Deepen | Develop | Disseminate

The Academy

The Academy of Religious Leadership (ARL) exists to enhance religious leadership education; convene a scholarly roundtable of leadership educators and professional practitioners for the purpose of faculty development and community; and foster and disseminate leadership education and research.

The Meeting

The ARL Annual Meeting invites scholars and practitioners into thoughtful conversation about the (r)evolutionary vocation of leadership. Our methods: discussing provocative, original papers/presentations, networking, and imagining an emerging future in the theological education, formation, and ongoing development of religious leaders in a fast-paced, challenging world.

The theme of our 2026 annual meeting will be “Public Leadership and Prophetic Witness”. It will be held in St.

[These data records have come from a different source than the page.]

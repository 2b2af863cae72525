//! Reads the keys and lists of a TOML tree: each value, or the first fault with the path that leads to it.
#![tactic(auto)]

mod fault;
mod keys;
mod labels;
mod lists;
mod paths;
mod values;

pub use fault::{DeclKind, KeyFault, Read};
pub use keys::{missing, only_keys};
pub use labels::{Label, Labels, one_label};
pub use lists::{Element, each, list_at};
pub use paths::{here, under, under_item, under_key};
pub use values::{number_at, number_in, small_at, small_in, small_or_at};
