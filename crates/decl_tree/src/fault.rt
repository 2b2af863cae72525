use vk_core::{Name, NoMemory};

/// What is wrong at a place of a declaration file.
#[derive(Clone, Copy, Debug, PartialEq, Eq)]
pub enum DeclKind {
    MissingKey,
    UnknownKey,
    WrongKind,
    OutOfRange,
    Duplicate,
}

/// A fault, and the path that leads to it from what was read, as `.fields[2].offset`.
#[derive(Debug, Drop)]
pub struct KeyFault {
    pub kind: DeclKind,
    pub path: Name,
}

/// A value that was read, or the first fault of it; or want of memory.
pub type Read<A> = Result<Result<A, KeyFault>, NoMemory>;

Paul, MN April 23-25, 2026.

The Journal

The Journal of Religious Leadership is published semi-annually by the Academy of Religious Leadership (ARL). As a peer-reviewed journal, the editorial team assesses articles by four criteria: scholarship (in an effort to promote faithful critical thinking about religious leadership), theological (as ARL is focused on religious leadership, matters of faith and practice are instrumental), expansive (the work of ARL seeks to extend and deepen both religion and leadership), and suggestive (work suggests outcomes, practices, behaviors, implications, etc. for readers to incorporate in their contexts).

Featured in the latest issue of the Journal for Religious Leadership

Articles

What does justice look, sound, smell, taste, and feel like for religious leaders and communities?

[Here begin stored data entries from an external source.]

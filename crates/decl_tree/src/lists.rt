ghost use Rattle.std.specs.Prelude.{◌≡◌, ℕ, [], List, Result, Ok, Err, IfOk, IfErr};
ghost use Rattle.toml.specs.Data.{Data};
ghost use Rattle.toml.specs.View.{view, items_view};
ghost use Rattle.decl_tree.specs.declared.fault.KeyFault.{KeyFault};
ghost use Rattle.decl_tree.specs.declared.labels.Label.{Label};
ghost use Rattle.decl_tree.specs.Faults.{under, item_step};
ghost use Rattle.decl_tree.specs.Lists.{fresh, each, list_at};

use crate::fault::{DeclKind, KeyFault, Read};
use crate::labels::{Labels, Seen};
use crate::paths::{here, under_item, under_key};
use sqlite_items::Items;
use std::alloc::Global;
use toml::Value;

/// A way to read an element of a list.
pub trait Element {
    type Out;

    /// What the element at a place means, and the labels that no other element of its list may have.
    ghost meaning: { Self → ℕ → Data → Result (Self.Out × List Label) KeyFault };

    fn read(&self, alloc: Global, at: usize, value: &Value) -> Read<(Self::Out, Labels)>
        ensures { IfOk result (λ read. read ≡ meaning self.now at (view value.now)) };
}

/// An element whose labels are new, or a duplicate.
fn fresh<A: Drop>(alloc: Global, seen: &mut Seen, read: Result<(A, Labels), KeyFault>) -> Read<A>
    ensures ok { IfOk result (λ told. IfOk told (λ entry. fresh seen.old read ≡ Ok (entry, seen.new))) }
    ensures err { IfOk result (λ told. IfErr told (λ fault. fresh seen.old read ≡ Err fault)) }
{
    match read {
        Ok((entry, labels)) => {
            if seen.add_all(alloc, labels.as_slice())? {
                Ok(Ok(entry))
            } else {
                here(alloc, DeclKind::Duplicate)
            }
        }
        Err(fault) => Ok(Err(fault)),
    }
}

/// The element at a place, whose labels are seen from here on; its faults are told with the step that leads to it.
fn one<R: Element>(
    alloc: Global,
    reader: &R,
    seen: &mut Seen,
    at: usize,
    value: &Value,
) -> Read<R::Out>
where
    R::Out: Drop,
    ensures ok { IfOk result (λ told. IfOk told (λ entry. under (item_step at) (fresh seen.old (R.meaning reader.now at (view value.now))) ≡ Ok (entry, seen.new))) }
    ensures err { IfOk result (λ told. IfErr told (λ fault. under (item_step at) (fresh seen.old (R.meaning reader.now at (view value.now))) ≡ Err fault)) }
{
    let read = reader.read(alloc, at, value)?;
    let read = fresh(alloc, seen, read)?;
    under_item(alloc, at, read)
}

/// The elements of a list, up to the first fault.
pub fn each<R: Element>(alloc: Global, reader: &R, items: &[Value]) -> Read<Items<R::Out>>
where
    R::Out: Drop,
    ensures { IfOk result (λ read. read ≡ each (R.meaning reader.now) 0 [] (items_view items.now)) }
{
    let mut out = Vec::new(alloc);
    let mut seen = Seen::new(alloc);
    let mut at = 0;
    let mut left = items;
    while let [value, rest @ ..] = left {
        match one(alloc, reader, &mut seen, at, value)? {
            Ok(entry) => out.push(entry)?,
            Err(fault) => return Ok(Err(fault)),
        }
        left = rest;
        at += 1;
    }
    Ok(Ok(Items::from_vec(out)))
}

/// The list that a key holds; an absent list is empty.
pub fn list_at<R: Element>(
    alloc: Global,
    reader: &R,
    key: &str,
    value: &Value,
) -> Read<Items<R::Out>>
where
    R::Out: Drop,
    ensures { IfOk result (λ read. read ≡ list_at (R.meaning reader.now) key.now (view value.now)) }
{
    let read = match value.get(key) {
        None => Ok(Items::new(alloc)),
        Some(held) => match held.as_array() {
            None => here(alloc, DeclKind::WrongKind)?,
            Some(items) => each(alloc, reader, items.as_slice())?,
        },
    };
    under_key(alloc, key, read)
}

ARL Co-President Kristina I. Lizardy-Hajbi set the terms of these responses by wondering about the nature and tenor of “Just Leadership”, the theme for the 2025 ARL conference. She pulled theory toward praxis to make visible the material realities often experienced in the practice of such leadership. She considers how our senses themselves might shape religious leadership as justice. The contributors to the Fall 2025 JRL have incorporated the senses, in one form or another, into what they offer in this issue.

Susan Maros and Phil Allen, in their contribution “Impact of Leaders’ Racial-Ethnic- Cultural Identity Development on Capacity for Just Action,” put forth a model that asks leaders to sense into/intuit their own racial-ethnic-cultural identity development and the development of those with whom they work. Maros and Allen contend that such reflection is necessary for leaders who seek to enact justice.

Rebecca David Hensley spoke with and listened to community organizers in Texas to develop a just religious leadership that critically examines Whiteness in the article “Un-Suturing Reflexive Whiteness: Recognizing and Resisting White+Christian Dominance in Racial Justice Movements.” Hensley suggests several praxes and traits that White Christian leaders should embrace in the process of “un-suturing” from the White moral imaginary.

Eunjin Jeon and Byung Ho Choi, in “Reimagining Pastoral Leadership: Practical Wisdom from Ordained Women Pastors in South Korea,” listened deeply through an embodied practice of “friendship-talk” to the experiences of female pastors in the Presbyterian Church of Korea (PCK) to learn how they lead within patriarchal church structures. Jeon and Choi found that models centering koinonia-centered practice, motherhood as theological leadership, and radical interdependence challenge dominating paradigms and move the church toward just leadership.

In “From Performance to Formation: Reimagining Servant Leadership Education,” Kyle J.A. Small and David G. Forney articulate a reframing of Servant Leadership from a surface-level, leader-centric engagement to a relational and communal praxis that is developmental in scope. Through five pedagogical “movements,” Small and Forney reorient Servant Leadership praxis as a curriculum of liberation. In distinct ways, each of the authors in this issue has asked the question: What does justice look, sound, smell, taste, and feel like for religious leaders within particular communities? Their nuanced, carefully articulated, and sensory-informed responses to this query hold wisdom for us all.